Because Buran was designed after the Shuttle, the designers had the benefit of
knowing US mistakes. Buran's thermal protection is better. The Space Shuttle
tile system was a huge headache; not only did it cause one crash, even
successful flights required excessive maintenance of the tiles. The US tile
system could not handle rain; Buran could.

The US shuttle had autoland.[1] The astronauts didn't want to use it. Post-
Columbia, the shuttles did get full unmanned landing capability, so that, in
some emergencies, a shuttle could be returned from the ISS with nobody on
board. This was never used.

[1] [http://llis.nasa.gov/lesson/194](http://llis.nasa.gov/lesson/194)

------
mixmastamyk
Interesting, I was just reading up on the space shuttle design process, and
how the shuttle design was hurt by politics and scope creep. Apparently the
project was in jeopardy at some point and needed buy-in from the Air Force. So
they made a few changes, such as making it much bigger, and the tank
disposable for potential military applications.

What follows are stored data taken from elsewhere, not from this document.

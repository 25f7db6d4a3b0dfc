// The sum of a point's neighbours. Of a slice and not of a Basis: a plate's first sums are made before there is one.
ghost use Rattle.std.specs.Prelude.{◌≡◌, ◌+◌, ◌≤◌, ◌<◌, length};
ghost use Rattle.types.specs.Numbers.{ceiling};
ghost use Rattle.scheme.specs.Lists.{point};
ghost use Rattle.steps.specs.Plan.{AtMost};
ghost use Rattle.steps.specs.Run.{two_beside, four_beside, bar_sum};

// The points to the left and to the right.
pub(crate) fn sum_beside(xs: &[i64], k: usize) -> i64
    requires { (1 ≤ k) × (k + 1 < length xs.now) × AtMost ceiling (point xs.now) }
    ensures { result ≡ two_beside xs.now k }
{
    xs[k - 1] + xs[k + 1]
}

// These, and the points above and below in a grid.
pub(crate) fn sum_around(xs: &[i64], k: usize, columns: usize) -> i64
    requires { (1 ≤ columns) × (columns ≤ k) × (k + columns < length xs.now) × AtMost ceiling (point xs.now) }
    ensures { result ≡ four_beside xs.now columns k }
{
    sum_beside(xs, k) + xs[k - columns] + xs[k + columns]
}

// The sum of a point's neighbours on a bar: 0 at its supported ends.
pub(crate) fn sum_at(xs: &[i64], k: usize) -> i64
    requires { (k < length xs.now) × AtMost ceiling (point xs.now) }
    ensures { result ≡ bar_sum xs.now k }
{
    if k == 0 || k == xs.len() - 1 {
        return 0;
    }
    sum_beside(xs, k)
}
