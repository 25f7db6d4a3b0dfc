// A plan laid out over the rows of its grid.
ghost use Rattle.std.specs.Prelude.{◌≡◌};
ghost use Rattle.steps.specs.Plan.{Planned};
ghost use Rattle.steps.specs.Edges.{EdgesOf};

use edges::row_edges;
use plans::Plan;

// A plan, and the moving points of every row of its grid: those of row r begin at edges[r], and end before edges[64 + r].
// The edges are lent: held by value they would be moved by `memcpy`, which a board without a C library lacks.
#[derive(Clone, Copy)]
pub(crate) struct Layout<'a> {
    pub(crate) plan: Plan,
    pub(crate) edges: &'a [u16; 128],
    ghost edges_of: { EdgesOf plan.instrument.grid edges.now },
}

impl<'a> Layout<'a> {
    pub(crate) fn new(plan: Plan, edges: &'a mut [u16; 128]) -> Layout<'a>
        requires { Planned plan }
        ensures { result.plan ≡ plan }
    {
        row_edges(plan.instrument.grid, edges);
        Layout { plan, edges }
    }
}
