// Slices in turn: older, newer, and the one that the next level is put into. After a step newer is older, the next level is newer.
// Of two levels the third slice has room for a piece of a row.
ghost use Rattle.std.specs.Prelude.{◌≡◌, ◌≤◌, ◌<◌, length};
ghost use Rattle.types.specs.Numbers.{ceiling};
ghost use Rattle.scheme.specs.Lists.{point};
ghost use Rattle.scheme.specs.Step.{sample_of};
ghost use Rattle.stretches.specs.Pieces.{piece};
ghost use Rattle.steps.specs.Plan.{AtMost};
ghost use Rattle.turns.specs.Turns.{out_of};
ghost use Rattle.steps.specs.Steps.{Steppable, Begins, SteppedInPlace, SteppedIn};

use crate::arithmetic::sample;
use crate::layout::Layout;
use crate::level::next_level;
use slices::copy;
use stretches::PIECE;
use turns::Turn;
use types::Hit;

// A step of two levels that have no more points than a piece: the next level is worked out beside them, then copied to older.
fn small_step(
    layout: &Layout<'_>,
    older: &mut [i64],
    newer: &[i64],
    room: &mut [i64],
    hit: Option<Hit>,
) -> Option<u64>
    requires { Steppable layout.now.plan hit older.old newer.now older.old × (length room.old ≡ length older.old) }
    ensures { SteppedInPlace layout.now.plan.instrument hit older.old newer.now older.new result }
{
    copy(older, room);
    let inexact = next_level::<true, false>(layout, older, newer, room, hit)?;
    copy(room, older);
    Some(inexact)
}

// A step of two levels: no point of older is written unless every next value lies within the ceiling.
fn step_in_place(
    layout: &Layout<'_>,
    older: &mut [i64],
    newer: &[i64],
    room: &mut [i64],
    hit: Option<Hit>,
) -> Option<u64>
    requires { Steppable layout.now.plan hit older.old newer.now older.old × (piece ≤ length room.old) }
    ensures { SteppedInPlace layout.now.plan.instrument hit older.old newer.now older.new result }
{
    let n = older.len();
    if n <= PIECE {
        return small_step(layout, older, newer, &mut room[..n], hit);
    }
    next_level::<false, true>(layout, older, newer, room, hit)?;
    next_level::<true, true>(layout, older, newer, room, hit)
}

// A step in the turn that the slices are in, by a match: each arm hands them over in an order of its own. They stay three parameters: lent
// on as fields of a struct they are not covered by the borrow checker.
pub(crate) fn step_in_turn(
    layout: &Layout<'_>,
    older: &mut [i64],
    newer: &mut [i64],
    work: &mut [i64],
    hit: Option<Hit>,
    turn: Turn,
) -> Option<u64>
    requires { Begins turn layout.now.plan hit older.old newer.old work.old }
    ensures { SteppedIn turn layout.now.plan.instrument hit older.old newer.old work.old
        older.new newer.new work.new result }
{
    match turn {
        Turn::First => next_level::<true, false>(layout, older, newer, work, hit),
        Turn::Second => next_level::<true, false>(layout, newer, work, older, hit),
        Turn::Last => next_level::<true, false>(layout, work, older, newer, hit),
        Turn::There => step_in_place(layout, older, newer, work, hit),
        Turn::Exchanged => step_in_place(layout, newer, older, work, hit),
    }
}

// The sample of the level that a step has put into its slice, by a match: each turn has put it into another.
pub(crate) fn sample_in_turn(
    older: &[i64],
    newer: &[i64],
    work: &[i64],
    pick: usize,
    turn: Turn,
) -> i16
    requires { (pick < length (out_of turn older.now newer.now work.now))
        × AtMost ceiling (point (out_of turn older.now newer.now work.now)) }
    ensures { result ≡ sample_of (point (out_of turn older.now newer.now work.now) pick) }
{
    let next = match turn {
        Turn::First => work,
        Turn::Second | Turn::There => older,
        Turn::Last | Turn::Exchanged => newer,
    };
    sample(next[pick])
}
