// The pieces of a row, for a pass that writes older itself: a piece is worked out in a slice of its own, then put into older.
ghost use Rattle.std.specs.Prelude.{◌≡◌, false, ◌&&◌, ◌-◌, ◌≤◌, length};
ghost use Rattle.scheme.specs.Lists.{point};
ghost use Rattle.steps.specs.Run.{Filled, Placed};

use slices::copy;
use stretches::Stretch;

// The values of a piece, that of point k at place k − base of xs, put into ys, if they are written in place.
pub(crate) fn put_piece<const IN_PLACE: bool>(xs: &[i64], s: Stretch, ys: &mut [i64])
    requires { Placed s (length xs.now) × (s.to ≤ length ys.old) }
    ensures { Filled (λ k. point xs.now (k - s.base)) (IN_PLACE && s.write) 0 ys.old ys.new
        s.from s.to
        × ((IN_PLACE && s.write) ≡ false → ys.new ≡ ys.old) }
{
    if IN_PLACE && s.write {
        copy(&xs[s.from - s.base..s.to - s.base], &mut ys[s.from..s.to]);
    }
}
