// The steps of a block, on three levels or on two, in slices that take turns.
// What ties one value to another stays a clause: a row to its grid, a stretch to the slice that it is put into, a pass to its room.
#![tactic(auto)]

mod arithmetic;
mod basis;
mod call;
mod layout;
mod level;
mod neighbours;
mod pieces;
mod plates;
mod play;
mod points;
mod step;
mod within;

pub use call::{InTurn, steps_in_place, steps_in_turn};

Well, turns out the shuttle was never used by the military. But the legacy of
those decisions enabled but ultimately doomed the shuttle. It did not meet
it's economic goals and was less safe because of them. Is that a correct
reading of what happened?

[https://en.wikipedia.org/wiki/Space_Shuttle_design_process](https://en.wikipedia.org/wiki/Space_Shuttle_design_process)

[http://www.airliners.net/aviation-
forums/military/read.main/...](http://www.airliners.net/aviation-
forums/military/read.main/144958/)

This is where the Buran comes in, they largely copied the shuttle, but did
they have the foresight to improve the poor parts of the design?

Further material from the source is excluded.